Compressive/tensile stress-regulated tissue compaction is conserved across stages of valve maturation and its interaction with extracellular matrix preserves leaflet morphology. (A) The compaction behavior of cushions across mid to late stages under osmotic stress conditions, and across late stage (HH40) compaction with collagenase II treatment (300 U). (B) Wide-field images of a HH40 leaflet before and after 24 h treatment with collagenase II (CASE). Shape factors, measured as aspect ratio, of HH25 and HH34 cushions cultured for 24 h, and HH40 leaflets cultured with collagenase II for 24 h. n=4-6 cushions per condition per three independent experiments, data are mean±s.e.m. Strain energy densities for control/unloaded and collagenase treated HH40 leaflets, three or four cushions per condition, data are mean±s.d. Percentage of pSmad1- and pSmad5- (C), and pSER19- (D) positive cells in HH40 leaflets cultured under osmotic stress for 24 h, n=3 leaflets per condition, data are mean±s.d. (E) Representative 3D reconstructed immunofluorescence images stained for pSmad1 and pSmad5, and pSER19 of HH40 leaflets cultured under osmotic stress over 24 h.

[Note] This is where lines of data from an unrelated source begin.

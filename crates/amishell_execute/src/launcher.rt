//! The launcher: it hands out the files that are brought in, and starts programs of this machine.
ghost use Rattle.std.specs.Prelude.{◌≡◌, [], true, false, IfOk};
ghost use Rattle.ados_machine.specs.Children.{answers_start, answers_read, answers_wait};

use crate::delivery::Delivery;
use crate::error_codes::{ErrorCode, least_code, raised};
use ados_launch::Launcher;
use ados_launcher::{Log, Programs, StartFolder};
use ados_machine::{Answer, Job};
use ados_ram::FileBytes;
use ados_text::NoMemory;
use ados_transfer::{BRING, Content, Planned};
use std::alloc::Global;
use std::marker::Model;
use std::process::Processes;

/// A launcher whose command `amishell-bring` prints the files one by one, and which starts real programs for all others.
#[derive(Drop)]
pub struct Bringer<'a, R: Processes> {
    children: Children<'a, R>,
    log: Log,
}

// What runs: `amishell-bring`, and the programs that were started.
#[derive(Drop)]
struct Children<'a, R: Processes> {
    alloc: Global,
    // What is left to be brought in.
    left: &'a [Planned],
    // What is brought in before that.
    offered: Option<FileBytes>,
    // The file that `amishell-bring` prints.
    delivery: Option<Delivery>,
    // How the program with this number ended, for the wait that follows.
    ended: Option<(u8, Answer)>,
    programs: Programs<'a, R>,
    // The codes that programs have at least where they fail, and that of each shell's program.
    errors: &'a [ErrorCode],
    least: [u8; 21],
    // No program starts.
    is_barred: bool,
}

/// Where programs start.
#[derive(Drop)]
pub enum Start {
    /// In this process's current directory.
    Home,
    /// In this folder.
    Folder(StartFolder),
    /// Nowhere: a start fails as if there were no such program.
    Nowhere,
}

impl<'a, R: Processes> Model for Bringer<'a, R> {
    ghost use Rattle.ados_launcher.specs.Views.{HostView};

    ghost Value = { HostView };

    ghost view = { λ b. record { calls = b.log.calls; is_full = b.log.is_full } };
}

impl<'a, R: Processes> Bringer<'a, R> {
    /// A launcher without a child, with these files to be brought in, and these codes of programs that fail.
    pub fn new(
        alloc: Global,
        processes: &'a R,
        planned: &'a [Planned],
        errors: &'a [ErrorCode],
    ) -> Result<Bringer<'a, R>, NoMemory>
        ensures calls { IfOk result (λ bringer. bringer.calls ≡ []) }
        ensures full { IfOk result (λ bringer. bringer.is_full ≡ false) }
    {
        Ok(Bringer {
            children: Children {
                alloc,
                left: planned,
                offered: None,
                delivery: None,
                ended: None,
                programs: Programs::new(alloc, processes)?,
                errors,
                least: [0; 21],
                is_barred: false,
            },
            log: Log::new(),
        })
    }

    /// `amishell-bring` prints this the next time; with `None` again what is left to be brought in.
    pub fn offer(&mut self, bytes: Option<FileBytes>)
        ensures { self.new ≡ self.old }
    {
        self.children.offered = bytes;
    }

    /// From now on programs start there.
    pub fn set_start(&mut self, start: Start)
        ensures { self.new ≡ self.old }
    {
        self.children.is_barred = matches!(&start, Start::Nowhere);
        let folder = match start {
            Start::Folder(folder) => Some(folder),
            Start::Home | Start::Nowhere => None,
        };
        self.children.programs.set_folder(folder);
    }

    /// Waits for the end of a program before the world asks for it. The answer to the world is then given at once.
    pub fn await_end(&mut self, child: u8)
        ensures { self.new ≡ self.old }
    {
        let answer = self.children.end(child);
        self.children.ended = Some((child, answer));
    }
}

impl<R: Processes> Children<'_, R> {
    // Starts the program of a job; `amishell-bring` takes the next file.
    fn begin(&mut self, job: &Job) -> Answer
        ensures { answers_start result ≡ true }
    {
        if job.program.as_bytes() != BRING {
            return self.start_program(job);
        }
        match self.take_file() {
            Ok(Some(bytes)) => {
                self.delivery = Some(Delivery::new(job.shell, bytes));
                Answer::Started
            }
            Ok(None) => self.start_program(job),
            Err(NoMemory) => Answer::Memory,
        }
    }

    // The file that `amishell-bring` takes: the one that is offered, or the next of those that are to come in.
    fn take_file(&mut self) -> Result<Option<FileBytes>, NoMemory> {
        if let Some(bytes) = self.offered.take() {
            return Ok(Some(bytes));
        }
        let Some((bytes, left)) = next_file(self.left) else {
            return Ok(None);
        };
        let bytes = bytes.copy()?;
        self.left = left;
        Ok(Some(bytes))
    }

    // Starts the program of a job, unless none starts.
    fn start_program(&mut self, job: &Job) -> Answer
        ensures { answers_start result ≡ true }
    {
        if self.is_barred {
            return Answer::NotFound;
        }
        if let Some(least) = self.least.get_mut(usize::from(job.shell)) {
            *least = least_code(self.errors, &job.program);
        }
        self.programs.start(job)
    }

    // A piece of the output of the program with this number.
    fn piece(&mut self, child: u8) -> Answer
        ensures { answers_read result ≡ true }
    {
        let alloc = self.alloc;
        match &mut self.delivery {
            Some(delivery) if delivery.is_of(child) => delivery.next(alloc),
            _ => self.programs.read(child),
        }
    }

    // How the program with this number ended.
    fn end(&mut self, child: u8) -> Answer
        ensures { answers_wait result ≡ true }
    {
        if self
            .delivery
            .as_ref()
            .is_some_and(|delivery| delivery.is_of(child))
        {
            self.delivery = None;
            return Answer::Exit(0);
        }
        self.program_end(child)
    }

    // How a program ended: what was found before, or what is found now.
    fn program_end(&mut self, child: u8) -> Answer
        ensures { answers_wait result ≡ true }
    {
        if !self.ended.as_ref().is_some_and(|ended| ended.0 == child) {
            return self.wait(child);
        }
        match self.ended.take() {
            Some((_, answer)) => how_it_ended(answer),
            None => self.wait(child),
        }
    }

    // Waits for the end of a program, which has its code at least if it failed.
    fn wait(&mut self, child: u8) -> Answer
        ensures { answers_wait result ≡ true }
    {
        let answer = self.programs.wait(child);
        let least = self.least.get(usize::from(child)).copied().unwrap_or(0);
        raised(answer, least)
    }
}

// The answer if it is the end of a program, otherwise `WaitFault`.
fn how_it_ended(answer: Answer) -> Answer
    ensures { answers_wait result ≡ true }
{
    match answer {
        Answer::Exit(code) => Answer::Exit(code),
        Answer::Signal => Answer::Signal,
        _ => Answer::WaitFault,
    }
}

// The bytes of the first file, and what follows it.
fn next_file(planned: &[Planned]) -> Option<(&FileBytes, &[Planned])> {
    for place in 0..planned.len() {
        if let Content::File { bytes, .. } = &planned[place].content {
            return Some((bytes, &planned[place + 1..]));
        }
    }
    None
}

impl<R: Processes> Launcher for Bringer<'_, R> {
    ghost calls = { λ b. b.calls };

    ghost is_full = { λ b. b.is_full };

    fn start(&mut self, job: &Job) -> Answer {
        let Some(kept) = self.log.room_for(job) else {
            return Answer::Memory;
        };
        let answer = self.children.begin(job);
        self.log.start(kept, answer)
    }

    fn read(&mut self, child: u8) -> Answer {
        let answer = self.children.piece(child);
        self.log.read(child, answer)
    }

    fn wait(&mut self, child: u8) -> Answer {
        let answer = self.children.end(child);
        self.log.wait(child, answer)
    }
}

The mean normalized radii for pSmad1- and pSmad5- (F), and pSER19- (G) positive cells in HH40 leaflets cultured under osmotic stress, n=3 leaflets per condition. (H) Angle between aligned pSER19-positive cells and long axis (perpendicular to elongation direction), n=3. Lines within boxes indicate the median. The length of each box represents the interquartile range. The whiskers indicate the highest and lowest observed values (unless outliers, which are indicated by points). (I) Schematic of alignment of pSER19-positive cells in HH40 leaflets under compressive/tensile stress and unloaded conditions. Scale bars: 100 μm. *P<0.05, **P<0.01.